In the end, it turned out that most emotions are clearly culturally influenced and that one cannot read them off from body language without further information. It is not possible to set up a kind of universal “lexicon of body language” for all countries of the world and to clearly interpret the true feelings of others without any background knowledge.
Instead, you need more and more information about the situation in which someone is performing a certain gesture and then you can with a certain probability perform an interpretation. Body language is always seen in a CONTEXT.
This view lasted until the end of the 1960s. At that time Paul Ekman began to research the subject and discovered a number of emotions that do not need context to be correctly recognized. He found that there are 6 emotions (later it became 7) where the facial expression looks the same all over the world. These were the basic emotions mentioned above.

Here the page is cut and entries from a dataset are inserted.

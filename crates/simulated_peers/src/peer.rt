//! A peer: how it behaves on each of its connections, what it asks for, and its own record of its texts.

use crate::chance::Chance;
use crate::pipe::Pipe;
use crate::wanted::{REFUSED, TEXTS, Text, Wanted, byte_of, word_of};
use event_loop::End as How;
use std::alloc::Global;
use std::collections::VecDeque;

/// The tenants. Each peer has a collection of one of them.
pub const TENANTS: usize = 256;

/// The most requests without a reply.
const AHEAD: usize = 4;

/// The most requests without a reply of one that floods.
const FLOOD: usize = 8_000;

/// The key of no tenant: those of tenants have sixteen equal bytes.
const STRANGER: [u8; 16] = [7, 6, 5, 4, 3, 2, 1, 0, 7, 6, 5, 4, 3, 2, 1, 0];

/// The most bytes that one sends of a request that it does not send to its end, and those of them that it sends one at a time.
const PART: usize = 20_000;

const DRIPS: usize = 2_000;

/// The bytes of a text that is long.
const LONG: usize = 100_000;

/// The letters of the longest text.
const LONGEST: usize = 4_194_302;

/// The selectors of a query that selects nothing. Each costs a unit for each text, and all of them a little more than a share of work, so that it
/// is cut within a text. A share takes a round here, which is far longer than in a server: more of them would only make others wait.
const SELECTORS: usize = 450;

const NOT_FOUND: u8 = 15;

/// How a peer behaves on one connection.
#[derive(Clone, Copy, PartialEq, Eq)]
enum Manner {
    /// It sends and takes what comes, pauses, and ends or resets the connection at times.
    Lively,
    /// It stops in the middle of a request.
    Silent,
    /// It sends the last bytes of a request one at a time.
    Dripping,
    /// It puts a long text, then asks for texts and takes nothing.
    Deaf,
    /// It sends a length above the limit.
    Faulty,
    /// Its key names no tenant.
    Stranger,
    /// Neither does that of this one, which stops in the middle of a request.
    SilentStranger,
    /// It sends the shortest requests without a pause, and takes what comes.
    Flood,
    /// It does so and takes nothing.
    DeafFlood,
}

/// What is counted of a run.
#[derive(Clone, Copy, Default)]
pub struct Tally {
    /// Replies, and those that were not as they must be.
    pub replies: u64,
    pub differ: u64,
    /// Replies that tell of refused memory, and connections that ended for it.
    pub refused: u64,
    /// Connections that were opened, those that were closed behind a peer that stalled, and those whose peer went on.
    pub opened: u64,
    pub stalled: u64,
    pub closed: u64,
    /// The most rounds that one that goes on waited for a reply.
    pub waited: u64,
}

/// The limits on time of a server, in milliseconds.
#[derive(Clone, Copy)]
pub struct Times {
    /// After so many without a byte a connection is closed.
    pub idle: Option<u64>,
    /// After so many it makes room for another one.
    pub spare: u64,
    /// After so many one without a reply to a tenant makes room.
    pub frame_time: u64,
}

/// What all peers share.
#[derive(Clone, Copy)]
pub struct Shared {
    /// What decides all that peers do.
    pub chance: Chance,
    /// The server's limits on time.
    pub times: Times,
    /// What is counted.
    pub tally: Tally,
    /// The server is refused memory at times. So a peer sends no request before the reply to the last one came.
    pub is_scarce: bool,
}

/// A request that was begun: what its reply must be, and the texts before it.
#[derive(Clone, Copy)]
struct Expected {
    wanted: Wanted,
    before: [Option<Text>; TEXTS],
}

/// A peer of one connection after the other.
#[derive(Drop)]
pub struct Peer {
    manner: Manner,
    place: usize,
    texts: [Option<Text>; TEXTS],
    // What is to be sent of the last request, and those that have no reply.
    script: VecDeque<u8>,
    wanted: VecDeque<Expected>,
    // How much of a reply came, what it has in all, its head, and whether it was as wanted.
    came: usize,
    length: usize,
    head: [u8; 9],
    is_alike: bool,
    // It got a reply on this connection.
    is_known: bool,
    // It ended or reset the connection itself; one that takes nothing has put its text.
    has_left: bool,
    is_ready: bool,
    // The text that it last changed, and whether that is in doubt since memory was refused.
    changed: usize,
    is_unsure: bool,
    // The rounds until it asks again, those since it asked, and those since it last got a reply while it wants one.
    pause: u64,
    asked: u64,
    waits: u64,
}
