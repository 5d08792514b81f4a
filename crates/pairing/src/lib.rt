// Appends a pair to the pairs made, or removes the newest: in the inverse, by the update of rank two, in the sequence of pairs, and in the
// marks of the unmatched vertices.
#![tactic(auto)]

ghost use Rattle.std.specs.Prelude.{◌≡◌, ◌<◌, length, min, max};
ghost use Rattle.lists.specs.Values.{list_of};
ghost use Rattle.lists.specs.Table.{table, Square};
ghost use Rattle.residue.specs.Modulus.{modulus};
ghost use Rattle.matching.specs.Pairs.{pair_of};
ghost use Rattle.graph.specs.Meaning.{graph_is};
ghost use Rattle.pairing.specs.Appended.{pair_is, Shrunk, AppendRoom, Appended};
ghost use Rattle.pairing.specs.Removed.{Grows, Removed};

use graph::Graph;
use residue::Residue;
use sequence::UNUSED;

// Two different vertices, the smaller first.
#[derive(Clone, Copy)]
pub struct Pair {
    pub smaller: usize,
    pub larger: usize,
}

// Returns the pair of a and b, which are named in either order.
fn ordered(a: usize, b: usize) -> Pair
    ensures pair { pair_is result ≡ pair_of a b }
    ensures least { result.smaller ≡ min a b }
    ensures greatest { result.larger ≡ max a b }
{
    Pair {
        smaller: a.min(b),
        larger: a.max(b),
    }
}

// Copies column c of t to x.
fn column(t: &[u16], n: usize, c: usize, x: &mut [u16])
    requires { Square n t.now × (c < n) × (length x.old ≡ n) }
    ensures { x.new ≡ list_of (length x.old) (λ k. table n t.now k c) }
{
    for (k, word) in x.iter_mut().enumerate() {
        *word = t[k * n + c];
    }
}

// Updates t by its columns a and b; x and y are room for them.
fn shrink_over(t: &mut [u16], n: usize, a: usize, b: usize, x: &mut [u16], y: &mut [u16])
    requires { Square n t.old × (a < n) × (b < n) × (length x.old ≡ n) × (length y.old ≡ n) }
    ensures { Shrunk modulus n a b t.old t.new }
{
    column(t, n, a, x);
    column(t, n, b, y);
    let g = Residue::make(y[a] as u64).invert();
    update::update(t, n, x, y, g.value);
}

// Turns t, the inverse for a set of vertices, into the inverse for the set without a and b.
fn shrink(t: &mut [u16], n: usize, a: usize, b: usize)
    requires { Square n t.old × (a < n) × (b < n) }
    ensures { Shrunk modulus n a b t.old t.new }
{
    let mut x = [0u16; 96];
    let mut y = [0u16; 96];
    shrink_over(t, n, a, b, &mut x[..n], &mut y[..n]);
}

// Appends the pair of a and b, which may be matched, and returns it.
pub fn append(
    n: usize,
    made: usize,
    inverse: &mut [u16],
    sequence: &mut [u8],
    marks: &mut [u8],
    a: usize,
    b: usize,
) -> Pair
    requires { AppendRoom n made inverse.old sequence.old marks.old a b }
    ensures { Appended modulus n made a b inverse.old sequence.old marks.old (pair_is result)
        inverse.new sequence.new marks.new }
{
    let cells = n * n;
    shrink(&mut inverse[..cells], n, a, b);
    let pair = ordered(a, b);
    let at = made + made;
    sequence[at] = pair.smaller as u8;
    sequence[at + 1] = pair.larger as u8;
    marks[pair.smaller] = 0;
    marks[pair.larger] = 0;
    pair
}

// Updates t by the columns that border it, with room for both and for a column of the matrix. Tells whether the set with a and b has an
// inverse; if it has none, t stays as it is.
fn grow_over(
    graph: Graph,
    t: &mut [u16],
    a: usize,
    b: usize,
    column: &mut [u16],
    x: &mut [u16],
    y: &mut [u16],
) -> bool
    requires square { Square graph.size t.old × (a < graph.size) × (b < graph.size) }
    requires column_len { (length column.old ≡ graph.size) × (length x.old ≡ graph.size) × (length y.old ≡ graph.size) }
    ensures { Grows modulus (graph_is graph.entry) a b t.old result t.new }
{
    let n = graph.size;
    tutte::column(graph, a, column);
    border::border(t, n, column, a, x);
    tutte::column(graph, b, column);
    border::border(t, n, column, b, y);
    // The matrix is skew, so column b against x is minus row b against x.
    let d = border::dot(column, x);
    if d == 0 {
        return false;
    }
    let g = Residue::make(d as u64).invert().negate();
    update::update(t, n, x, y, g.value);
    true
}

// Turns t, the inverse for a set of vertices, into the inverse for the set with a and b. Tells whether there is one.
fn grow(graph: Graph, t: &mut [u16], a: usize, b: usize) -> bool
    requires { Square graph.size t.old × (a < graph.size) × (b < graph.size) }
    ensures { Grows modulus (graph_is graph.entry) a b t.old result t.new }
{
    let n = graph.size;
    let mut column = [0u16; 96];
    let mut x = [0u16; 96];
    let mut y = [0u16; 96];
    grow_over(graph, t, a, b, &mut column[..n], &mut x[..n], &mut y[..n])
}

// Removes the newest pair a, b, which leaves made pairs. Tells whether the vertices then unmatched have an inverse; if they have none,
// writes nothing.
pub fn remove(
    graph: Graph,
    made: usize,
    inverse: &mut [u16],
    sequence: &mut [u8],
    marks: &mut [u8],
    a: usize,
    b: usize,
) -> bool
    requires { AppendRoom graph.size made inverse.old sequence.old marks.old a b }
    ensures { Removed modulus (graph_is graph.entry) made a b inverse.old sequence.old marks.old result
        inverse.new sequence.new marks.new }
{
    let cells = graph.size * graph.size;
    if !grow(graph, &mut inverse[..cells], a, b) {
        return false;
    }
    let at = made + made;
    sequence[at] = UNUSED;
    sequence[at + 1] = UNUSED;
    marks[a] = 1;
    marks[b] = 1;
    true
}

Ekman reviewed his theories on several continents, visiting indigenous tribes who lived very isolated and had little contact with the “modern world”. He wanted to make sure that the facial expressions of the people living there were not influenced by external influences.

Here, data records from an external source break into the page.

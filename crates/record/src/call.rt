// A line of a record: a call of the panel's printer.
ghost use Rattle.misreading.specs.declared.misread.Expected.TheVariants.{Call as ACall};
ghost use Rattle.notation.specs.Parsing.{chosen};
ghost use Rattle.notation.specs.Reads.{Reads};
ghost use Rattle.record.specs.Calls.{starts, call, call_with, whole};

use crate::instruction::read_instruction;
use armv7::{Call, Instruction};
use misreading::{Expected, Given};
use notation::{Cursor, Slip};

// What the first word of a line says of it.
// Kept: names in place of functions in a table, since a name needs no clause of its own, and a function in a table would.
#[derive(Clone, Copy)]
pub enum Start {
    Nothing,
    Gap,
    Print,
}

const STARTS: [(&[u8], Start); 4] = [
    (b"", Start::Nothing),
    (b"#", Start::Nothing),
    (b"gap", Start::Gap),
    (b"Instruction", Start::Print),
];

// The line's call, if it is not blank and no comment.
pub(crate) fn read_call(cursor: &mut Cursor<'_>) -> Result<Option<Call>, Slip>
    ensures { Reads call cursor.old result cursor.new }
{
    let start = read_start(cursor)?;
    started(cursor, start)
}

fn read_start(cursor: &mut Cursor<'_>) -> Result<Start, Slip>
    ensures { Reads (chosen ACall starts) cursor.old result cursor.new }
{
    cursor.choose(&STARTS, Expected::Call)
}

// The call of a line that begins so.
fn started(cursor: &mut Cursor<'_>, start: Start) -> Result<Option<Call>, Slip>
    ensures { Reads (call_with start) cursor.old result cursor.new }
{
    match start {
        Start::Nothing => Ok(None),
        Start::Gap => {
            cursor.expect(&[Given::End])?;
            Ok(Some(Call::Gap))
        }
        Start::Print => {
            let instruction = whole_instruction(cursor)?;
            Ok(Some(Call::Print(instruction)))
        }
    }
}

// An instruction that ends the line.
fn whole_instruction(cursor: &mut Cursor<'_>) -> Result<Instruction, Slip>
    ensures { Reads whole cursor.old result cursor.new }
{
    let instruction = read_instruction(cursor)?;
    cursor.expect(&[Given::End])?;
    Ok(instruction)
}
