// Instructions.
ghost use Rattle.misreading.specs.declared.misread.Expected.TheVariants.{Condition as ACondition};
ghost use Rattle.notation.specs.Parsing.{after, chosen, flag};
ghost use Rattle.notation.specs.Reads.{Reads};
ghost use Rattle.record.specs.Instructions.{conditions, head, flags, instruction};

use armv7::{ConditionCode, Instruction, Opcode};
use misreading::{Expected, Given};
use notation::{Cursor, Part, Slip};
use opcode_notation::read_opcode;
use operand_notation::read_operands;

const CONDITIONS: [(&[u8], ConditionCode); 15] = [
    (b"EQ", ConditionCode::EQ),
    (b"NE", ConditionCode::NE),
    (b"HS", ConditionCode::HS),
    (b"LO", ConditionCode::LO),
    (b"MI", ConditionCode::MI),
    (b"PL", ConditionCode::PL),
    (b"VS", ConditionCode::VS),
    (b"VC", ConditionCode::VC),
    (b"HI", ConditionCode::HI),
    (b"LS", ConditionCode::LS),
    (b"GE", ConditionCode::GE),
    (b"LT", ConditionCode::LT),
    (b"GT", ConditionCode::GT),
    (b"LE", ConditionCode::LE),
    (b"AL", ConditionCode::AL),
];

// The last four fields of an instruction.
pub struct Flags {
    pub s: bool,
    pub wide: bool,
    pub thumb_w: bool,
    pub thumb: bool,
}

// What follows the word `Instruction`.
pub(crate) fn read_instruction(cursor: &mut Cursor<'_>) -> Result<Instruction, Slip>
    ensures { Reads instruction cursor.old result cursor.new }
{
    let (condition, opcode) = read_head(cursor)?;
    cursor.expect(&[
        Given::Comma,
        Given::Operands,
        Given::Colon,
        Given::OpenBracket,
    ])?;
    let operands = read_operands(cursor)?;
    let Flags {
        s,
        wide,
        thumb_w,
        thumb,
    } = read_flags(cursor)?;
    Ok(Instruction {
        condition,
        opcode,
        operands,
        s,
        wide,
        thumb_w,
        thumb,
    })
}

// The first two fields, with the brace before them.
fn read_head(cursor: &mut Cursor<'_>) -> Result<(ConditionCode, Opcode), Slip>
    ensures { Reads head cursor.old result cursor.new }
{
    cursor.expect(&[Given::OpenBrace, Given::Condition, Given::Colon])?;
    let condition = read_condition(cursor)?;
    cursor.expect(&[Given::Comma, Given::Opcode, Given::Colon])?;
    let opcode = read_opcode(cursor)?;
    Ok((condition, opcode))
}

fn read_condition(cursor: &mut Cursor<'_>) -> Result<ConditionCode, Slip>
    ensures { Reads (chosen ACondition conditions) cursor.old result cursor.new }
{
    cursor.choose(&CONDITIONS, Expected::Condition)
}

// The last four fields, with the bracket before them and the brace after them.
fn read_flags(cursor: &mut Cursor<'_>) -> Result<Flags, Slip>
    ensures { Reads flags cursor.old result cursor.new }
{
    let s = flag_after(
        cursor,
        &[Given::CloseBracket, Given::Comma, Given::S, Given::Colon],
    )?;
    let wide = flag_after(cursor, &[Given::Comma, Given::Wide, Given::Colon])?;
    let thumb_w = flag_after(cursor, &[Given::Comma, Given::ThumbW, Given::Colon])?;
    let thumb = flag_after(cursor, &[Given::Comma, Given::Thumb, Given::Colon])?;
    cursor.expect(&[Given::CloseBrace])?;
    Ok(Flags {
        s,
        wide,
        thumb_w,
        thumb,
    })
}

fn flag_after(cursor: &mut Cursor<'_>, front: &[Given]) -> Result<bool, Slip>
    ensures { Reads (after front.now flag) cursor.old result cursor.new }
{
    cursor.expect(front)?;
    bool::read(cursor)
}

His results can be summarized in this way: There are 7 emotions whose mimic expression is independent of culture worldwide. Anger and disgust etc. look the same with the natives on Borneo, as with the Japanese or the Australian Aboriginees. These facial expressions are the only ones that can be clearly read without context. All other expressions are not.
6 or 7 basic emotions?
This question comes up because some books or some internet pages mention one or the other number. Paul Ekman had identified 6 basic emotions in the first attempt. The feelings of disgust and contempt he had regarded as identical at that time. That is also obvious, because the expressions for contempt use the same muscle groups in the face, only that they are contracted one-sidedly with contempt. The corner of the mouth is raised on one side, the nose is wrinkled on one side and so on. Over the years, Ekman has separated the two basic emotions from each other because, in his opinion, they are similarly negative, but too different in their meaning and use.

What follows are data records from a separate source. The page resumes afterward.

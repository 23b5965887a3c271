// Reads a fault record: a text whose lines are instructions to be printed, in the notation of Rust's `{:?}`, and gaps.
#![tactic(auto)]

mod call;
mod instruction;
mod read;

pub use misreading::{Expected, Given, Message, Misread};
pub use read::read_line;
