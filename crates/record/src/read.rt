// Reads one line of a record.
ghost use Rattle.std.specs.Prelude.{IfOk, IfErr, Option};
ghost use Rattle.notation.specs.Tokens.{tokens};
ghost use Rattle.record.specs.Law.{Says, CanCall, Answers, Answered, Found};

use crate::call::read_call;
use armv7::Call;
use misreading::Misread;
use notation::Cursor;

// The call that the line asks for, none if it is blank or a comment, or what cannot be read in it.
pub fn read_line(line: &[u8]) -> Result<Option<Call>, Misread<'_>>
    ensures sound { IfOk result (Says (tokens line.now)) }
    ensures lawful { IfOk result CanCall }
    ensures complete { (c : Option Call) → CanCall c → Says (tokens line.now) c → Answers result c }
    ensures answer { Answered line.now result }
    ensures place { IfErr result (Found line.now) }
{
    let mut cursor = Cursor { line, at: 0 };
    // Kept: tried by `map_err`; of a closure that calls misread on the cursor the check knew nothing, and a clause would repeat misread's.
    match read_call(&mut cursor) {
        Ok(call) => Ok(call),
        Err(slip) => Err(cursor.misread(slip)),
    }
}
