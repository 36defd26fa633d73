//! The order of the classes in a written file: that of the written program, in which each class stands behind those above it. The
//! functions of this crate have an empty body, and their contracts are the laws; other proofs are of plans, of lists in order, and
//! that numbers of strings rise.

ghost use Rattle.std.specs.Prelude.{◌≡◌, ℕ, List, [], true};
ghost use Rattle.program_model.specs.declared.program.Program.{Program};
ghost use Rattle.program_model.specs.ProgramRules.{is_well_formed};
ghost use Rattle.class_defs.specs.ClassGraph.{IsTwice, IsAncestor};
ghost use Rattle.dex_write.specs.Order.{IsOrder};
ghost use Rattle.dex_defs.specs.Written.{class_order};
ghost use Rattle.written_file.specs.Behind.{AllBehind};

/// The order in which the classes of a well-formed program are written is that of the written program, and in it each stands
/// behind those above it.
pub fn order_law()
    ensures is { (p : Program) (order : List ℕ) → is_well_formed p ≡ true → ((class : ℕ) → IsTwice p class → ⊥) → ((class : ℕ) → IsAncestor p class class → ⊥) → IsOrder p order
        → class_order p ≡ order }
    ensures behind { (p : Program) (order : List ℕ) → is_well_formed p ≡ true → ((class : ℕ) → IsTwice p class → ⊥) → ((class : ℕ) → IsAncestor p class class → ⊥) → IsOrder p order
        → AllBehind p [] order }
{}
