//! The tables of a written file: of a well-formed program they are what a file's have to be, and each of their entries is used.

ghost use Rattle.std.specs.Prelude.{◌≡◌, ◌<◌, ℕ, length, nat_eq, true};
ghost use Rattle.std.specs.List.{list_any};
ghost use Rattle.dex_pools.specs.declared.interner.Interner.{Interner};
ghost use Rattle.dex_pools.specs.Interned.{IsInterned};
ghost use Rattle.program_model.specs.declared.program.Program.{Program};
ghost use Rattle.program_model.specs.ProgramRules.{is_well_formed};
ghost use Rattle.dex_defs.specs.Written.{class_order, written_by};
ghost use Rattle.dex_defs.specs.Valid.{AllUsed};
ghost use Rattle.write_laws.specs.Fits.{TablesFit};
ghost use Rattle.written_file.specs.Widths.{HasWidths};

/// The tables of the written program of a well-formed one are what a file's have to be.
pub fn tables_law()
    ensures { (p : Program) (i : Interner) → is_well_formed p ≡ true → IsInterned p i → HasWidths p → TablesFit (written_by i p) }
{}

/// Each entry of the written program's tables is used, where no class is left out.
pub fn used_law()
    ensures { (p : Program) (i : Interner) → is_well_formed p ≡ true → IsInterned p i → ((k : ℕ) → k < length p.classes → list_any (nat_eq k) (class_order p) ≡ true) → AllUsed (written_by i p) }
{}
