//! The classes of a written file: class_defs, class data, directories and first values stand where they are named, and so the file
//! is valid where classes are spelled and their code stands (`LeftOfCode` of `specs/Left.antt`).

ghost use Rattle.std.specs.Prelude.{◌≡◌, ◌<◌, ◌^◌, ℕ, List, [], length, true};
ghost use Rattle.dex_pools.specs.declared.interner.Interner.{Interner};
ghost use Rattle.program_model.specs.declared.program.Program.{Program};
ghost use Rattle.program_model.specs.ProgramRules.{is_well_formed};
ghost use Rattle.class_defs.specs.ClassGraph.{IsTwice, IsAncestor};
ghost use Rattle.dex_write.specs.File.{IsSealed};
ghost use Rattle.dex_write.specs.Written.{IsWritten};
ghost use Rattle.dex_defs.specs.Written.{written_by};
ghost use Rattle.write_laws.specs.Kinds.{IsValidFile};
ghost use Rattle.written_file.specs.Widths.{HasWidths};
ghost use Rattle.written_file.specs.Rises.{NamesRise};
ghost use Rattle.written_file.specs.Wide.{HasWideValues};
ghost use Rattle.written_file.specs.Left.{Left, LeftOfCode};

/// What is written for a well-formed program whose strings ascend is a valid file of the written program, where its classes and
/// its sets of annotations are spelled there.
pub fn filed_law()
    ensures { (p : Program) (bytes : List ℕ) (w : IsWritten p bytes) → is_well_formed p ≡ true → ((class : ℕ) → IsTwice p class → ⊥) → ((class : ℕ) → IsAncestor p class class → ⊥)
        → HasWidths p → NamesRise p
        → IsSealed p.version bytes → length bytes < 2 ^ 32 → Left bytes p w.interner w.plans (written_by w.interner p) → IsValidFile p bytes (written_by w.interner p) }
{}

/// What is written for a well-formed program whose strings ascend is a valid file of the written program, where its classes are
/// spelled there and the code of their methods stands where class data says.
pub fn whole_law()
    ensures { (p : Program) (bytes : List ℕ) (w : IsWritten p bytes) → is_well_formed p ≡ true → ((class : ℕ) → IsTwice p class → ⊥) → ((class : ℕ) → IsAncestor p class class → ⊥)
        → HasWidths p → HasWideValues p → NamesRise p
        → IsSealed p.version bytes → length bytes < 2 ^ 32 → LeftOfCode bytes p w.interner w.plans (written_by w.interner p) → IsValidFile p bytes (written_by w.interner p) }
{}

/// What is written for a well-formed program without classes is a valid file of its written program.
pub fn bare_law()
    ensures { (p : Program) (bytes : List ℕ) → IsWritten p bytes → p.classes ≡ [] → is_well_formed p ≡ true → HasWidths p → NamesRise p → IsSealed p.version bytes
        → length bytes < 2 ^ 32
        → (interner : Interner) × IsValidFile p bytes (written_by interner p) }
{}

FACS & The Muscles in the Human Face
If one sets up the theory that the 7 basic emotions / 7 basic emotions are the same in all cultures, then of course one has to prove this. But how is this supposed to work when it comes to facial expressions?
Paul Ekman and Wallace Friesen “invented” FACS – the Facial Action Coding System – for this problem in 1978. FACS is a standard procedure that can describe the movements of mimic muscles precisely and scientifically.
Before I can describe FACS, I must first describe the muscles in the human face in more detail. In the graphic below I have shown an overview of the muscles in the human head. There are still some more, but they don’t play a role for facial expressions, so I omitted them.
Here you see the image from my German site. On the right you see the latin names of the muscles.
The special thing about the “mimic musculature” is that the muscles are not connected to joints like most others, but they usually insert into the skin, without an attachment tendon. In addition, they do not have fascia. They only serve to move the facial skin. If one thinks about it evolutionary-biologically, this makes relatively little sense. Why do people need muscles that are only responsible for facial movements? Never mind, that’s just the way it is…
If, for example, a person’s eyebrows are torn upwards, then a number of small muscles are responsible for this. In order to be able to describe such a movement, it would be necessary to describe which muscle does what. That would be too much effort. That is why Ekman has combined certain facial emotions into 46 ACTION UNITS. With their help it is easier to document facial movements.
FACS – List (Selection) of 46 Action Units
1. lifting of the inner eyebrow
2. raising the outer eyebrows
4. contraction of the eyebrows
5. lifting of the upper eyelid
6. contraction of the outer part of the ring muscle around the eyes
7. contraction of the inner part of the ring muscle around the eyes
9. hulls of the nose
10. lifting of the upper lip by the levator labii superioris muscle
11. pull the outer part of the upper lip diagonally upwards.
12. lifting the corners of the mouth as if smiling or laughing
13. raising the corners of the mouth by a sharp point
14. retraction of the corners of the mouth trumpeter muscle
15. pulling down the corners of the mouth
16. pulling the lower lip downwards
17. pushing up the chin
18. kiss mouth
22. lips arch outward in the shape of a funnel
23. tightening of the lips, these become narrower, rolled inwards and flattened to the teeth
24. pressing the lips together
25. opening the lips
26. opening the mouth by relaxing the lower jaw muscles
27. wide opening of the mouth
28. sucking lips between teeth
43. lowering of the upper eyelid
45. blink (two eyes)
46. blink (one eye)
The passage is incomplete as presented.